17.2 Using Query Molecules

An alternate method of describing a substructure query uses a Query molecule. Using a molecule (or piece of one) along with graph modifier, you are able to define very flexible queries in a manner subtly different from SMARTS. Loading a query molecule is almost the same as a OEGraphMol. They can be used directly in the OERead*() commands or they can be created from an already existing OEGraphMol.

# create an OEGraphMol
mol = OEGraphMol()
OEParseSmiles(mol, "c1ccccc1")

# create a query molecule
qmol = OEQMol(mol)

Once a query molecule is created, before it can be used in a substructure search, we have to define the level of matching between the graph in the query molecule and any target molecule. We do this with the BuildExpressions() method of the OEQMol. The method takes two arguments, the first describing atom matches and the second bond matches. The following table shows switches that are OR'd together to give the desired level of matching. All of the constants are defined in the OEExprOpts namespace in C++ hence the ``OEExprOpts_'' prefix.

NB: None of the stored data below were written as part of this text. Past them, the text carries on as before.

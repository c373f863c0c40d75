use crate::member::Member;
use crate::queries::Outcome;
use crate::stop::Stop;
use crate::words::Answer;
use gr_history::{Ask, Done, Gift, Image, QueryAsk, Verdict, What};
use gr_post::{Mail, Posting};
use gr_stamp::Change;
use gr_value::{Copied, Shared};
use gr_vector::Report;

impl Member {
    /// A call of this member's client, and the change that it makes.
    pub fn call(&mut self, rt: &HostRuntime, name: &str, ask: &Ask) -> Result<Posting, Stop> {
        let Done { reply, made, to } = self.done(rt.alloc(), ask)?;
        let Some(change) = made else {
            return Err(Stop::Otherwise);
        };
        self.parts.set(rt.alloc(), change.get())?;
        self.parts.note(&change.get().stamp)?;
        self.end(rt, name, Answer::Reply(&reply))?;
        let mail = Mail::Change { shard: 0, change };
        Ok(Posting { mail, to })
    }

    /// A step of this member's client on a query.
    pub fn query(&mut self, rt: &HostRuntime, name: &str, ask: &QueryAsk) -> Result<(), Stop> {
        let reply = self.asked(rt.alloc(), ask)?;
        if self.parts.ask(rt.alloc(), ask)? != Outcome::of(&reply) {
            return Err(Stop::Otherwise);
        }
        self.end(rt, name, Answer::Asked(&reply))
    }

    /// A mail comes.
    pub fn take(&mut self, rt: &HostRuntime, name: &str, mail: &Mail) -> Result<(), Stop> {
        match mail {
            Mail::Change { change, .. } => self.deliver(rt, name, change),
            Mail::Report { report, .. } => self.hear(rt, name, report.get()),
            Mail::End => Err(Stop::Otherwise),
        }
    }

    fn deliver(
        &mut self,
        rt: &HostRuntime,
        name: &str,
        change: &Shared<Change>,
    ) -> Result<(), Stop> {
        let verdict = self.taken_in(rt.alloc(), change)?;
        let change = change.get();
        if let Verdict::Applied = verdict {
            self.parts.set(rt.alloc(), change)?;
        }
        self.parts.note(&change.stamp)?;
        self.end(rt, name, Answer::Verdict(verdict))
    }

    fn hear(&mut self, rt: &HostRuntime, name: &str, report: &Report) -> Result<(), Stop> {
        self.heard(rt.alloc(), report)?;
        self.parts.hear(rt.alloc(), report)?;
        self.end(rt, name, Answer::Heard)
    }

    pub fn report(&mut self, rt: &HostRuntime, name: &str) -> Result<Posting, Stop> {
        let Report { at, own, to, .. } = anew!(self.parts.report(rt.alloc()))?;
        let report = self.reported(rt.alloc())?;
        if (at, own, to) != (report.at, report.own, report.to) {
            return Err(Stop::Otherwise);
        }
        self.end(rt, name, Answer::Report(&report))?;
        let report = anew!(Shared::new(rt.alloc(), anew!(report.copy(rt.alloc()))?))?;
        let mail = Mail::Report { shard: 0, report };
        Ok(Posting { mail, to })
    }

    pub fn sweep(&mut self, rt: &HostRuntime, name: &str, moment: u64) -> Result<(), Stop> {
        let expired = self.swept(rt.alloc(), moment)?;
        if self.parts.sweep(rt.alloc(), moment)? != expired {
            return Err(Stop::Otherwise);
        }
        self.end(rt, name, Answer::Expired(expired))
    }

    /// Gives the third member what was made here, which is one change. No courier takes it.
    pub fn give_own(&mut self, rt: &HostRuntime, name: &str) -> Result<Posting, Stop> {
        let Gift::Own(mut changes) = self.given(rt.alloc(), 3, What::Own)? else {
            return Err(Stop::Otherwise);
        };
        self.parts.to |= 4;
        self.end(rt, name, Answer::Own(changes.len()))?;
        let change = changes.pop().ok_or(Stop::Otherwise)?;
        let mail = Mail::Change { shard: 0, change };
        Ok(Posting { mail, to: 0 })
    }

    /// Gives the third member an image of the shard, in which nothing stands.
    pub fn give_image(&mut self, rt: &HostRuntime, name: &str) -> Result<Image, Stop> {
        let Image {
            from,
            at,
            floor,
            ..
        } = anew!(self.parts.image(rt.alloc()))?;
        let Gift::Image(image) = self.given(rt.alloc(), 3, What::Image)? else {
            return Err(Stop::Otherwise);
        };
        if (from, at, floor) != (image.from, image.at, image.floor) {
            return Err(Stop::Otherwise);
        }
        self.parts.to |= 4;
        self.end(rt, name, Answer::Image(&image))?;
        Ok(image)
    }

    pub fn merge(&mut self, rt: &HostRuntime, name: &str, image: &Image) -> Result<(), Stop> {
        self.merged(rt.alloc(), image)?;
        self.parts.merge(image)?;
        self.end(rt, name, Answer::Image(image))
    }
}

Modifiers of atom expressions:

OEExprOpts_Mass
OEExprOpts_Hcount
OEExprOpts_ImplicitHCount
OEExprOpts_FormalCharge
OEExprOpts_StrictFormalCharge
OEExprOpts_Degree
OEExprOpts_HvyDegree
OEExprOpts_Valence
OEExprOpts_Hybridization
OEExprOpts_AtomicNumber

Extra modifiers used with AtomicNumber:

OEExprOpts_EqMetal
OEExprOpts_EqHalogen
OEExprOpts_EqON
OEExprOpts_EqONS
OEExprOpts_EqPS
OEExprOpts_EqAromatic
OEExprOpts_EqCHalogen
OEExprOpts_EqCAliphaticON
OEExprOpts_EqCPSAcidRoot
OEExprOpts_EqKetoneSulfoneRoot

Modifiers of bond expressions:

OEExprOpts_BondOrder

Extra modifiers used with BondOrder:

OEExprOpts_EqSingleDouble
OEExprOpts_EqDoubleTriple
OEExprOpts_EqNotAromatic

Modifiers of both atom and bond expressions:

OEExprOpts_Aromaticity
OEExprOpts_RingMember
OEExprOpts_Chiral

There are some pre-defined expressions:

OEExprOpts_DefaultAtoms = AtomicNumber | Aromaticity | FormalCharge
OEExprOpts_DefaultBonds = BondOrder | Aromaticity

OEExprOpts_ExactAtoms =
  AtomicNumber|Aromaticity|StrictFormalCharge|Degree|HCount|Chiral|Mass|RingMember
OEExprOpts_ExactBonds = BondOrder|Aromaticity|RingMember|Chiral

OEExprOpts_AutomorphAtoms = AtomicNumber|Aromaticity|Degree|Chiral|HCount
OEExprOpts_AutomorphBonds = Aromaticity

A few examples are perhaps the best way to describe how query molecules work. Starting with a simple example that provides for uncolored graph matching from an input molecule. Note that in this example, an OEQMol is created from an existing molecule. Then, before using it to create an OESubSearch instance, the user must call the BuildExpressions method giving two integers. The first is modifiers on how atoms will be matched. In this case '0' means all match all. The second is a modifier on how bonds match. In this case as well, '0' means all bonds match. So, an OEQMol constructed as such will basically be a graph only match on any target. Since started construction of the qmol using benzene, the subsequent OESubSearch will match any six-membered ring.

# ch17-3.py
from openeye.oechem import *

import os,sys

m1 = OEMol()
m2 = OEMol()

OEParseSmiles(m1, 'c1ccccc1')
OEParseSmiles(m2, 'C1CCCCC1')

qmol = OEQMol(m1)
qmol.BuildExpressions(0,0)
pat = OESubSearch(qmol)

if pat.SingleMatch(m2) == 1:
    print 'got a match'
else:
    print 'darn, no match'

The best way to understand what the switches to BuildExpressions is to try the above example, changing the molecules and using different switch combinations. To get a match much like a SMARTS search, change the above code to ``qmol.BuildExpressions(DefaultAtoms, DefaultBonds)''. Since OEQMols are used to create an OESubSearch object, once it is created, the same mechanism as in Figure 17-2 can be used to extract matching atoms/bonds and to restrict the match to unique matches only.